Ana Sayfa / Yazarlar / ‘Bu yolda da kaza olur mu hiç?’

‘Bu yolda da kaza olur mu hiç?’

Faydalı ise lütfen bağlantıyı paylaşınız, tavsiye ediniz. Kaynaksız kopyalamanıza rızamız yoktur.

Geçen gün sıkça kullandığım küçük bir ara caddeden arabayla geçerken, yol boyunca uzanmış sert fren izleriyle karşılaştım. Uzunca ve kavisle devam eden bu izler, fren tutan aracın epey sürüklendiğini ve ardından da kaldırıma savrulduğunu gösteriyorlardı!

O an belki de ağır bir kazadır diyerek olayın olası mağdurlarına üzülürken, aklıma da ister istemez bir soru takılmış oldu: “Bu kadar düzenli bir trafikte ve hız sınırının elli km. olduğu bu şehir içi caddede böylesi bir fren ve savrulma nasıl mümkün olabilmiş ki?”. Öyle ya, söz konusu cadde sık aralıklarla trafik ışıklarının yer aldığı ve bolca ara yolun çıktığı, yayalı, kalabalık, dar bir caddeydi. Ve bu yolda ise düzenli bir şekilde gidilirdi sadece. Şaşmamak elde değildi.

Ama öyle değildi işte! Böylesi bir yolda bile böyle bir fren tutulmuş ve böyle bir savrulma yaşanabilmişti pekâlâ!

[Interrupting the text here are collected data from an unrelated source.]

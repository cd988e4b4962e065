// Queries in the old layout, rewritten with link 1: definitions in specs/, theorems in proofs/. There is no code in this crate.
#![tactic(auto)]
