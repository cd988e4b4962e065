// The bytes of a query that is written: definitions in specs/, theorems in proofs/. There is no code in this crate.
#![tactic(auto)]
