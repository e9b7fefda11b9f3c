//! The lines of the text of a connection's state, as values that write themselves. Definition: h2_spec's
//! `specs/Texts/Show.antt`.

ghost use Rattle.std.specs.Prelude.{◌≡◌, true};
ghost use Rattle.h2_spec.specs.Hpack.Field.{field};
ghost use Rattle.h2_conn_view.specs.Lines.{window_text};
ghost use Rattle.h2_spec.specs.Texts.Show.{phase_line, phase_text, peer_line, acked_line, own_line, goaway_text, block_line, table_line, entry_line, stream_line, stream_line_as, kind_text, option_text, flag_text};

use crate::hex_text::OctetsText;
use h2_io::{DeviceFault, Number, Output, SignedNumber, Text, texts};
use h2_spec::connection::{BlockView, ConnectionState, Phase};
use h2_spec::flow::{LocalSettings, Settings, Window};
use h2_spec::streams::{StreamState, StreamView};
use h2_streams::is_live;

/// A number, and a dash where there is none.
#[derive(Drop)]
struct OptionText(Option<u64>);

#[tactic(auto, unfolding(h2_spec::specs::Texts::Show::option_text))]
impl Text for OptionText {
    ghost text = { λ x. option_text x.0 };

    fn write_to<O: Output>(&self, output: &mut O) -> Result<(), DeviceFault> {
        match self.0 {
            None => "-".write_to(output),
            Some(number) => Number(number).write_to(output),
        }
    }
}

/// 0 or 1.
#[derive(Drop)]
struct FlagText(bool);

#[tactic(auto, unfolding(h2_spec::specs::Texts::Show::flag_text))]
impl Text for FlagText {
    ghost text = { λ x. flag_text x.0 };

    fn write_to<O: Output>(&self, output: &mut O) -> Result<(), DeviceFault> {
        if self.0 {
            "1".write_to(output)
        } else {
            "0".write_to(output)
        }
    }
}

/// A phase by its name, the end with its code.
#[derive(Drop)]
struct PhaseText(Phase);

#[tactic(auto, unfolding(h2_spec::specs::Texts::Show::phase_text))]
impl Text for PhaseText {
    ghost text = { λ x. phase_text x.0 };

    fn write_to<O: Output>(&self, output: &mut O) -> Result<(), DeviceFault> {
        match self.0 {
            Phase::Preface => "preface".write_to(output),
            Phase::Settings => "settings".write_to(output),
            Phase::Running => "running".write_to(output),
            Phase::Ended(code) => {
                texts!("ended ", Number(u64::from(code.number()))).write_to(output)
            },
        }
    }
}

/// The last stream and the code of a GOAWAY, and a dash where none came.
#[derive(Drop)]
struct GoawayText(Option<(u32, u32)>);

#[tactic(auto, unfolding(h2_spec::specs::Texts::Show::goaway_text))]
impl Text for GoawayText {
    ghost text = { λ x. goaway_text x.0 };

    fn write_to<O: Output>(&self, output: &mut O) -> Result<(), DeviceFault> {
        match self.0 {
            None => "-".write_to(output),
            Some((last, code)) => {
                texts!(Number(u64::from(last)), " ", Number(u64::from(code))).write_to(output)
            }
        }
    }
}

/// The phase of the connection, and the last stream that was opened.
#[derive(Drop)]
pub struct PhaseLine<'c>(pub &'c ConnectionState);

#[tactic(auto, unfolding(h2_spec::specs::Texts::Show::phase_line))]
impl Text for PhaseLine<'_> {
    ghost text = { λ x. phase_line x.0.now.phase x.0.now.last };

    fn write_to<O: Output>(&self, output: &mut O) -> Result<(), DeviceFault> {
        let phase = PhaseText(self.0.phase);
        let last = Number(u64::from(self.0.last));
        texts!("phase ", phase, " last ", last, "\n").write_to(output)
    }
}

/// The octets that a window still holds (RFC 9113, 6.9).
fn window_number(window: Window) -> SignedNumber
    ensures { result.0 ≡ window }
{
    SignedNumber(window.value())
}

/// The windows of the connection, and what is owed on it.
#[derive(Drop)]
pub struct WindowLine<'c>(pub &'c ConnectionState);

#[tactic(auto, unfolding(crate::specs::Lines::window_text))]
impl Text for WindowLine<'_> {
    ghost text = { λ x. window_text x.0.now.recv x.0.now.owed x.0.now.send };

    fn write_to<O: Output>(&self, output: &mut O) -> Result<(), DeviceFault> {
        let recv = window_number(self.0.recv);
        let owed = Number(u64::from(self.0.owed.owed()));
        let send = window_number(self.0.send);
        texts!("window recv ", recv, " owed ", owed, " send ", send, "\n").write_to(output)
    }
}

/// The number in 64 bits.
fn widened(number: Option<u32>) -> Option<u64>
    ensures { result ≡ number }
{
    number.map(u64::from)
}

/// The peer's settings.
#[derive(Drop)]
pub struct PeerLine<'c>(pub &'c Settings);

#[tactic(auto, unfolding(h2_spec::specs::Texts::Show::peer_line))]
impl Text for PeerLine<'_> {
    ghost text = { λ x. peer_line x.0.now };

    fn write_to<O: Output>(&self, output: &mut O) -> Result<(), DeviceFault> {
        texts!(
            "peer table ",
            Number(u64::from(self.0.header_table)),
            " push ",
            Number(u64::from(self.0.push)),
            " streams ",
            OptionText(widened(self.0.streams)),
            " window ",
            Number(u64::from(self.0.window)),
            " frame ",
            Number(u64::from(self.0.frame)),
            " list ",
            OptionText(widened(self.0.list)),
            " signal ",
            FlagText(self.0.size_update_pending),
            "\n",
        )
        .write_to(output)
    }
}

/// Whether the server's settings are acknowledged, and the latest GOAWAY.
#[derive(Drop)]
pub struct AckedLine<'c>(pub &'c ConnectionState);

#[tactic(auto, unfolding(h2_spec::specs::Texts::Show::acked_line))]
impl Text for AckedLine<'_> {
    ghost text = { λ x. acked_line x.0.now.acked x.0.now.goaway };

    fn write_to<O: Output>(&self, output: &mut O) -> Result<(), DeviceFault> {
        let acked = FlagText(self.0.acked);
        let goaway = GoawayText(self.0.goaway);
        texts!("acked ", acked, " goaway ", goaway, "\n").write_to(output)
    }
}

/// The server's settings that are in force, and whether the next field block has to begin with a size update (RFC 9113,
/// 6.5.3; RFC 7541, 4.2).
#[derive(Drop)]
pub struct OwnLine {
    /// The server's settings in force.
    pub own: LocalSettings,
    /// Whether a size update is due.
    pub due: bool,
}

#[tactic(auto, unfolding(h2_spec::specs::Texts::Show::own_line))]
impl Text for OwnLine {
    ghost text = { λ x. own_line x.own x.due };

    fn write_to<O: Output>(&self, output: &mut O) -> Result<(), DeviceFault> {
        let table = Number(u64::from(self.own.table));
        let window = Number(u64::from(self.own.window));
        let frame = Number(u64::from(self.own.frame));
        let due = FlagText(self.due);
        texts!(
            "own table ",
            table,
            " window ",
            window,
            " frame ",
            frame,
            " due ",
            due,
            "\n"
        )
        .write_to(output)
    }
}

/// The open field block, and a dash where there is none.
#[derive(Drop)]
pub struct BlockLine(pub Option<BlockView>);

#[tactic(auto, unfolding(h2_spec::specs::Texts::Show::block_line))]
impl Text for BlockLine {
    ghost text = { λ x. block_line x.0 };

    fn write_to<O: Output>(&self, output: &mut O) -> Result<(), DeviceFault> {
        let Some(block) = &self.0 else {
            return "block -\n".write_to(output);
        };
        let stream = Number(u64::from(block.stream));
        let octets = Number(block.octets as u64);
        let list = Number(block.list_size);
        let ends = FlagText(block.ends);
        texts!(
            "block stream ",
            stream,
            " octets ",
            octets,
            " list ",
            list,
            " ends ",
            ends,
            "\n"
        )
        .write_to(output)
    }
}

/// How many entries the header table has, what they count, and its maximum.
#[derive(Drop)]
pub struct TableLine {
    /// How many entries there are.
    pub count: usize,
    /// What they count together, in octets.
    pub size: usize,
    /// The most that they may count, in octets.
    pub max: u32,
}

#[tactic(auto, unfolding(h2_spec::specs::Texts::Show::table_line))]
impl Text for TableLine {
    ghost text = { λ x. table_line x.count x.size x.max };

    fn write_to<O: Output>(&self, output: &mut O) -> Result<(), DeviceFault> {
        let count = Number(self.count as u64);
        let size = Number(self.size as u64);
        let max = Number(u64::from(self.max));
        texts!("table ", count, " ", size, " ", max, "\n").write_to(output)
    }
}

/// An entry of the dynamic table, by its index in both tables: 62 is the newest (RFC 7541, 2.3.3).
#[derive(Drop)]
pub struct EntryLine<'t> {
    /// The index, 62 or more.
    pub index: usize,
    /// The octets of the name.
    pub name: &'t [u8],
    /// The octets of the value.
    pub value: &'t [u8],
}

#[tactic(auto, unfolding(h2_spec::specs::Texts::Show::entry_line))]
impl Text for EntryLine<'_> {
    ghost text = { λ x. entry_line x.index (field x.name.now x.value.now) };

    fn write_to<O: Output>(&self, output: &mut O) -> Result<(), DeviceFault> {
        let name = OctetsText(self.name);
        let value = OctetsText(self.value);
        let index = Number(self.index as u64);
        texts!("entry ", index, " ", name, " ", value, "\n").write_to(output)
    }
}

/// The name of a stream's state.
#[tactic(auto, unfolding(h2_spec::specs::Texts::Show::kind_text))]
fn kind_name(kind: StreamState) -> &'static str
    ensures { result.now ≡ kind_text kind }
{
    match kind {
        StreamState::Idle => "idle",
        StreamState::Skipped => "skipped",
        StreamState::BothOpen => "open",
        StreamState::HalfRemote => "half-remote",
        StreamState::HalfLocal => "half-local",
        StreamState::Ended => "ended",
        StreamState::PeerReset => "peer-reset",
        StreamState::WeReset => "we-reset",
    }
}

/// A live stream with its numbers.
#[derive(Drop)]
struct LiveLine(StreamView);

#[tactic(auto, unfolding(h2_spec::specs::Texts::Show::stream_line_as))]
impl Text for LiveLine {
    ghost text = { λ x. stream_line_as true x.0 };

    fn write_to<O: Output>(&self, output: &mut O) -> Result<(), DeviceFault> {
        let numbers = &self.0.numbers;
        texts!(
            "stream ",
            Number(u64::from(self.0.id)),
            " ",
            kind_name(self.0.kind),
            " recv ",
            window_number(numbers.recv),
            " owed ",
            Number(u64::from(numbers.owed.owed())),
            " send ",
            window_number(numbers.send),
            " got ",
            Number(numbers.content_received),
            " of ",
            OptionText(numbers.declared),
            " left ",
            OptionText(numbers.body_remaining),
            "\n",
        )
        .write_to(output)
    }
}

/// A stream that has a record: a live one with its numbers, another with its state alone.
#[derive(Drop)]
pub struct StreamLine(pub StreamView);

#[tactic(auto, unfolding(h2_spec::specs::Texts::Show::stream_line, h2_spec::specs::Texts::Show::stream_line_as))]
impl Text for StreamLine {
    ghost text = { λ x. stream_line x.0 };

    fn write_to<O: Output>(&self, output: &mut O) -> Result<(), DeviceFault> {
        if is_live(self.0.kind) {
            return LiveLine(self.0).write_to(output);
        }
        let id = Number(u64::from(self.0.id));
        let kind = kind_name(self.0.kind);
        texts!("stream ", id, " ", kind, "\n").write_to(output)
    }
}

Demek ki aceleci bir şaşkınlıktı bu benimkisi. Çünkü düzenli ve yavaş bir yola girildiğinde orada hep düzgünce ilerleyebileceğimizi sanmak, o izlerin de gösterdiği üzere yanlış bir düşünceydi. Hatta o yoldaki en büyük tehlike belki de bu düşüncenin kendisiydi, o selameti garanti görmemizdi! Ve bu ise bir kez daha ispat ediyordu ki; dikkati ve tedbiri elden bırakmamak en selametli yollarda dahi ilerleyebilmenin olmazsa olmaz bir şartı idi.

Tıpkı adımlamaya çalıştığımız, aynı anda pek çok kulvarında bulunduğumuz hayat yolumuz gibi.. İşte bu yolda girdiğimiz (nasip edilmiş) rutin-düzenli ortamları, selametli süreçleri, güzel çevreleri, hayırlı yaşantıları ve hepsinden de önemlisi imanımızı garanti görmemiz de, bizim için tehlikeli bir yanlışı haber verecektir.

Nitekim yavaş ve düzenli bir trafiğin dahi dikkatsizliği, gevşekliği -belki de laubaliliği- kaldırmayarak insanı bir anda savurabildiği meydandayken; ne hayatımız, ne (akıl ve beden sağlığı gibi) ‘sahip’ olduklarımız ve ne de imanımız, bir kez elde etmeyle ‘cepte sağlama’ alın(a)mıyor, garanti hanesine asla yazılamıyor! Tam tersine, ‘rutine alma’ tehlikesi dediğimiz hal düzenli bir trafiği olduğu gibi hayat yolumuzdaki selametli kulvarları da her an savrulabileceğimiz tehlikeli bir alana çevirebiliyor.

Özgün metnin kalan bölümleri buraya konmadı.